Defunct U.S. ice cream brand

Frusen Glädjé was a company that made premium ice cream for the American market, founded in 1980 by Richard E. Smith. Although the ice cream was made in the U.S., it used a quasi-Swedish name: frusen glädje (/sv/), without the acute accent, is Swedish for "frozen happiness".

After the brand was sold several times, the brand name is currently no longer in use.

==History==
Frusen Glädjé was produced at a Dairy Lea plant with special equipment and sold in 10 states in 1981, including New York and California. Frusen Glädjé was available in eight flavors (15 in the New York shop). Frusen Glädjé was distributed in every state by the end of 1982, reaching an annual production of 30 million pints, up from 18 million in 1981. Erhard Sommer was the company president.

The brand's marketing materials called it "[t]he ice cream that appeals to the sybaritic buyer with a taste for the very finest." Television commercials typically featured the catch phrase, "I ate all the Frusen Glädjé." Another catchphrase used was "Enjoy the Guilt", which appeared in print advertising and also on small crystal ice cream bowls, which were available via mail order from the company.

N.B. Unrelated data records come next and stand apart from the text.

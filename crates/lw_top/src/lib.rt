//! The program: from words and files to a status, the bytes for out and a line for err.
//!
//! In go the command line, a shelf and two sinks. `lwmap` calls `run` with those of the system, the
//! tests with some in memory. Out comes the exit status. The one definition to read is `IsAnswer`
//! of `specs/Answers.antt`, what words and files come to.
//!
//! A run goes through the modules in this order. `words` reads the command. `sources` reads its
//! files by `lw_files`, each with its name for a fault. `answer` has the answer of each command:
//! `answering` makes it by the calls of `lw_map`, `reports` by timing and simulation, and `verilog`
//! from and for texts in Verilog. A `refusal` is why there is none. `outcome` writes the answer,
//! `telling` and `reasons` the line of a refusal. `top` holds these together. `laws` says what a
//! text of tables is.
//!
//! The words of this crate:
//!
//! * word: an argument of the command line after the program's name. A file's word is its name
//!   there;
//! * command: one of the written forms, with its options and the words for its files;
//! * shelf: where files are read from, by name; sink: where bytes go, which may fail;
//! * model: a network with its latches and its inputs' starts;
//! * mapped: a mapped netlist with its frame, starts and certificate. What stands around a netlist
//!   is its frame: how many inputs and outputs the circuit has, and its latches;
//! * leaves: how many fan-ins a lookup table has at most, from 2 to 6;
//! * seed and count: the number that a network is drawn from, and how many nodes it has;
//! * status: the exit status, 0 for an answer that was written.
#![tactic(auto)]

mod answer;
mod answering;
mod laws;
mod outcome;
mod reasons;
mod refusal;
mod reports;
mod sources;
mod telling;
mod top;
mod verilog;
mod words;

pub use laws::answers_are_tables;
pub use lw_map::generate;
pub use reasons::put_reason;
pub use top::run;
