// The files of a command, each with its name for the line that tells its fault.
ghost use Rattle.std.specs.Prelude.{◌≡◌, ◌≤◌, length, vec_len, IfOk};
ghost use Rattle.lw_words.specs.Limits.{most_bytes};
ghost use Rattle.lw_netlist.specs.Plain.{IsOver};
ghost use Rattle.lw_blif.specs.BlifNetworks.{IsModel};
ghost use Rattle.lw_files.specs.Read.{IsReadNetlist};
ghost use Rattle.lw_top.specs.declared.refusal.Which.TheVariants as which;
ghost use Rattle.lw_top.specs.Answers.{text_in, HasVerilog, HasVectors, ReadsLibrary, ReadsModel};
ghost use Rattle.lw_top.specs.Answers.{ReadsMapped, ReadsVerilog, ReadsVectors};
ghost use Rattle.lw_top.specs.Reading.{ReadsFile};
ghost use Rattle.lw_top.specs.Named.{Comes, netlist_refusal, values_in, AreReadVectors};

use crate::refusal::{Refusal, Which};
use lw_blif::Parsed;
use lw_files::{FileFault, TakesLines, read_file, read_lines};
use lw_genlib::Library;
use lw_io::Shelf;
use lw_mapped::Mapped;
use lw_named_netlist::NetlistFault;
use lw_netlist::Netlist;
use lw_pool::Bytes;
use lw_report::{VectorFault, Vectors};
use lw_verilog::{VerilogFault, read_verilog};
use lw_words::Line;
use std::alloc::Global;

/// The library of a file.
pub(crate) fn read_library<F: Shelf>(
    alloc: Global,
    shelf: &mut F,
    name: &str,
) -> Result<Library, Refusal>
    ensures { ReadsFile (λ cells. cells) F.files F.faults shelf.old shelf.new which.Library
        (ReadsLibrary name.now) result }
{
    match lw_files::read_library(alloc, shelf, name) {
        Ok(library) => Ok(library),
        Err(fault) => Err(Refusal::of_file(Which::Library, fault)),
    }
}

/// The model of a file.
pub(crate) fn read_model<F: Shelf>(
    alloc: Global,
    shelf: &mut F,
    name: &str,
) -> Result<Parsed, Refusal>
    ensures reads { ReadsFile (λ model. model) F.files F.faults shelf.old shelf.new which.Network
        (ReadsModel name.now) result }
    ensures model { IfOk result IsModel }
{
    match lw_files::read_model(alloc, shelf, name) {
        Ok(model) => Ok(model),
        Err(fault) => Err(Refusal::of_file(Which::Network, fault)),
    }
}

/// The mapped netlist of a file, by the cells of a library.
pub(crate) fn read_mapped<F: Shelf>(
    alloc: Global,
    library: &Library,
    shelf: &mut F,
    name: &str,
) -> Result<Mapped, Refusal>
    ensures reads { ReadsFile (λ mapped. mapped) F.files F.faults shelf.old shelf.new which.Mapped
        (ReadsMapped name.now library.now) result }
    ensures kept { IfOk result (IsReadNetlist library.now) }
{
    match lw_files::read_mapped(alloc, library, shelf, name) {
        Ok(mapped) => Ok(mapped),
        Err(fault) => Err(Refusal::of_file(Which::Mapped, fault)),
    }
}

// The bytes of a file. `which` file of the command it is goes into the refusal.
fn read_text<F: Shelf>(
    alloc: Global,
    shelf: &mut F,
    which: Which,
    name: &str,
) -> Result<Vec<u8>, Refusal>
    ensures few { IfOk result (λ v. vec_len v ≤ most_bytes) }
    ensures reads { ReadsFile (λ v. v.items) F.files F.faults shelf.old shelf.new which
        (text_in which name.now) result }
{
    match read_file(alloc, shelf, name) {
        Ok(bytes) => Ok(bytes),
        Err(fault) => Err(Refusal::of_file(which, fault)),
    }
}

// The netlist of a text in Verilog.
fn netlist_in(alloc: Global, library: &Library, bytes: Bytes) -> Result<Netlist, Refusal>
    requires { length bytes ≤ most_bytes }
    ensures comes { Comes (λ netlist. netlist) (HasVerilog library.now bytes) result }
    ensures over { IfOk result (IsOver library.now) }
{
    match read_verilog(alloc, &bytes, library) {
        Ok(netlist) => Ok(netlist),
        Err(VerilogFault::Line(line, kind)) => Err(Refusal::Verilog(line, kind)),
        Err(VerilogFault::Whole(fault)) => Err(of_netlist(fault)),
        Err(VerilogFault::Memory) => Err(Refusal::Memory),
    }
}

// The refusal of a netlist in Verilog for a fault that no line has.
fn of_netlist(fault: NetlistFault) -> Refusal
    ensures { result ≡ netlist_refusal fault }
{
    match fault {
        NetlistFault::Twice(name) => Refusal::Faulty(Which::Mapped, FileFault::Twice(name)),
        NetlistFault::Undriven(name) => Refusal::Faulty(Which::Mapped, FileFault::Undriven(name)),
        NetlistFault::Cycle(name) => Refusal::Faulty(Which::Mapped, FileFault::NetCycle(name)),
        NetlistFault::Memory => Refusal::Memory,
    }
}

/// The netlist of a file in Verilog, by the cells of a library.
pub(crate) fn read_netlist<F: Shelf>(
    alloc: Global,
    library: &Library,
    shelf: &mut F,
    name: &str,
) -> Result<Netlist, Refusal>
    ensures reads { ReadsFile (λ netlist. netlist) F.files F.faults shelf.old shelf.new which.Mapped
        (ReadsVerilog name.now library.now) result }
    ensures over { IfOk result (IsOver library.now) }
{
    let bytes = read_text(alloc, shelf, Which::Mapped, name)?;
    netlist_in(alloc, library, Bytes::new(bytes))
}

// How many values each vector has.
#[derive(Drop)]
struct Inputs(u32);

impl TakesLines<Inputs> for Vectors {
    ghost use Rattle.std.specs.Prelude.{◌≡◌};
    ghost use Rattle.lw_report.specs.Standing.{StandsFor, inputs_of};

    ghost given = { λ v over lines. (inputs_of v ≡ over.0) × StandsFor v lines };

    ghost accepts = { λ line. Unit {0} };

    // Takes the next line as a vector. A fault is kept until all lines are given.
    fn take_line(&mut self, _over: &Inputs, line: &Line) {
        // The vectors keep a fault, which `fault` reports when all lines are given.
        let _ = self.line(line);
    }
}

// The vectors of a text, each with a value for so many inputs.
fn vectors_in(alloc: Global, inputs: u32, bytes: &[u8]) -> Result<Vectors, Refusal>
    requires { length bytes.now ≤ most_bytes }
    ensures comes { Comes values_in (HasVectors inputs bytes.now) result }
    ensures kept { IfOk result (AreReadVectors inputs) }
{
    let mut vectors = Vectors::new(alloc, inputs);
    read_lines(alloc, bytes, false, &Inputs(inputs), &mut vectors)?;
    match vectors.fault() {
        None => Ok(vectors),
        Some(VectorFault::Line(line)) => Err(Refusal::Vector(line)),
        Some(VectorFault::Memory) => Err(Refusal::Memory),
    }
}

/// The vectors of a file, with so many values each.
pub(crate) fn read_vectors<F: Shelf>(
    alloc: Global,
    inputs: u32,
    shelf: &mut F,
    name: &str,
) -> Result<Vectors, Refusal>
    ensures reads { ReadsFile values_in F.files F.faults shelf.old shelf.new which.Vectors
        (ReadsVectors name.now inputs) result }
    ensures kept { IfOk result (AreReadVectors inputs) }
{
    let bytes = read_text(alloc, shelf, Which::Vectors, name)?;
    vectors_in(alloc, inputs, &bytes)
}
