// The texts of reasons.
ghost use Rattle.std.specs.Prelude.{◌≡◌};
ghost use Rattle.lw_io.specs.Writers.{Writes};
ghost use Rattle.lw_top.specs.Reasons.{label_text, label_reason, root_reason, value_reason};
ghost use Rattle.lw_top.specs.Reasons.{reason_text, no_verilog_text, verilog_kind_text};

use lw_files::{put_count, put_number, put_three, put_time};
use lw_fixed::Micro;
use lw_io::{Sink, Writer};
use lw_map::Reason;
use lw_pool::{ClassId, Name};
use lw_verilog::{NoVerilog, VerilogKind};

// Writes a label as a decimal, `none` if there is none.
fn put_label<S: Sink>(out: &mut Writer<'_, S>, label: Option<Micro>)
    ensures { Writes S.taken S.faults out.old out.new (label_text label) }
{
    match label {
        None => out.put(b"none"),
        Some(label) => put_time(out, label),
    }
}

// Writes that the label of a class is no bound: a match at it, or an input of it, gives less.
fn put_label_reason<S: Sink>(
    out: &mut Writer<'_, S>,
    class: ClassId,
    label: Option<Micro>,
    value: Micro,
)
    ensures { Writes S.taken S.faults out.old out.new (label_reason class.0 label value.0) }
{
    out.put(b"label of class ");
    put_number(out, u128::from(class.0));
    out.put(b" is ");
    put_label(out, label);
    out.put(b", a match gives ");
    put_time(out, value);
}

// Writes that the net of an output is of the class `found`, and not of `root`, its class in the
// network.
fn put_root_reason<S: Sink>(out: &mut Writer<'_, S>, name: &Name, found: ClassId, root: ClassId)
    ensures { Writes S.taken S.faults out.old out.new (root_reason name.now found.0 root.0) }
{
    out.put(b"output ");
    out.put(name.as_bytes());
    out.put(b" is of class ");
    put_number(out, u128::from(found.0));
    out.put(b", not ");
    put_number(out, u128::from(root.0));
}

// Writes that an output arrives at another time than its label.
fn put_value_reason<S: Sink>(out: &mut Writer<'_, S>, name: &Name, arrival: Micro, label: Micro)
    ensures { Writes S.taken S.faults out.old out.new (value_reason name.now arrival.0 label.0) }
{
    out.put(b"output ");
    out.put(name.as_bytes());
    out.put(b" arrives at ");
    put_time(out, arrival);
    out.put(b", its label is ");
    put_time(out, label);
}

/// Writes why a check says no.
pub fn put_reason<S: Sink>(out: &mut Writer<'_, S>, reason: &Reason)
    ensures { Writes S.taken S.faults out.old out.new (reason_text reason.now) }
{
    match reason {
        Reason::Ports => out.put(b"ports differ"),
        Reason::Class(class) => put_count(
            out,
            b"class ",
            u128::from(*class),
            b" is not in the graph",
        ),
        Reason::NotMatch(net) => put_three(out, b"gate ", net.as_bytes(), b" is no match"),
        Reason::Label(class, label, value) => put_label_reason(out, *class, *label, *value),
        Reason::Root(name, found, root) => put_root_reason(out, name, *found, *root),
        Reason::Value(name, arrival, label) => put_value_reason(out, name, *arrival, *label),
    }
}

/// Writes why a mapped netlist has no text in Verilog.
pub(crate) fn put_no_verilog<S: Sink>(out: &mut Writer<'_, S>, why: &NoVerilog)
    ensures { Writes S.taken S.faults out.old out.new (no_verilog_text why.now) }
{
    match why {
        NoVerilog::Latches => out.put(b"latches"),
        NoVerilog::Bytes(name) => {
            put_three(
                out,
                b"name ",
                name.as_bytes(),
                b" has a byte outside 33 to 126",
            )
        }
        NoVerilog::Same(name) => put_three(out, b"output ", name.as_bytes(), b" is an input"),
        NoVerilog::Clash(name) => put_three(out, b"model ", name.as_bytes(), b" is a cell"),
        NoVerilog::Pins(name) => {
            put_three(
                out,
                b"cell ",
                name.as_bytes(),
                b" has one name for two pins",
            )
        }
    }
}

/// The text of the rule that a line of a netlist in Verilog breaks.
pub(crate) fn verilog_kind_text(kind: &VerilogKind) -> &[u8]
    ensures { result.now ≡ verilog_kind_text kind.now }
{
    match kind {
        VerilogKind::BadByte => b"byte not allowed",
        VerilogKind::BadName => b"bad name",
        VerilogKind::Expected => b"something else expected",
        VerilogKind::NoCell => b"no such cell",
        VerilogKind::PinUnknown => b"no such pin",
        VerilogKind::PinTwice => b"pin given twice",
        VerilogKind::PinMissing => b"pin not given",
        VerilogKind::Port => b"port not declared once",
    }
}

===Conflict with Häagen-Dazs===
Another American ice cream producer, Häagen-Dazs, sued unsuccessfully in 1980 to stop Frusen Glädjé from using a "Scandinavian marketing theme". Häagen-Dazs's complaints included Frusen Glädjé's "prominently displayed list of the product's natural ingredients, a list of artificial ingredients not found in the ice cream, directions for serving and eating the ice cream (essentially that it was best served soft), and a map of Scandinavia". The court ruled against Häagen-Dazs on the grounds of unclean hands, as Häagen-Dazs had similarly marketed itself as Scandinavian (specifically Danish) without having any real connection to the region.

===Acquisition by Kraft Foods===
In 1985, Smith sold Frusen Glädjé to Kraft General Foods. A Kraft spokeswoman states that Kraft sold its Frusen Glädjé license to the Unilever corporation in 1993. A spokesman for Unilever claims that Frusen Glädjé was not part of the deal. The brand has since disappeared, although in 2016 a trademark for "Frusen Glädjé" was filed by Papilion, LLC.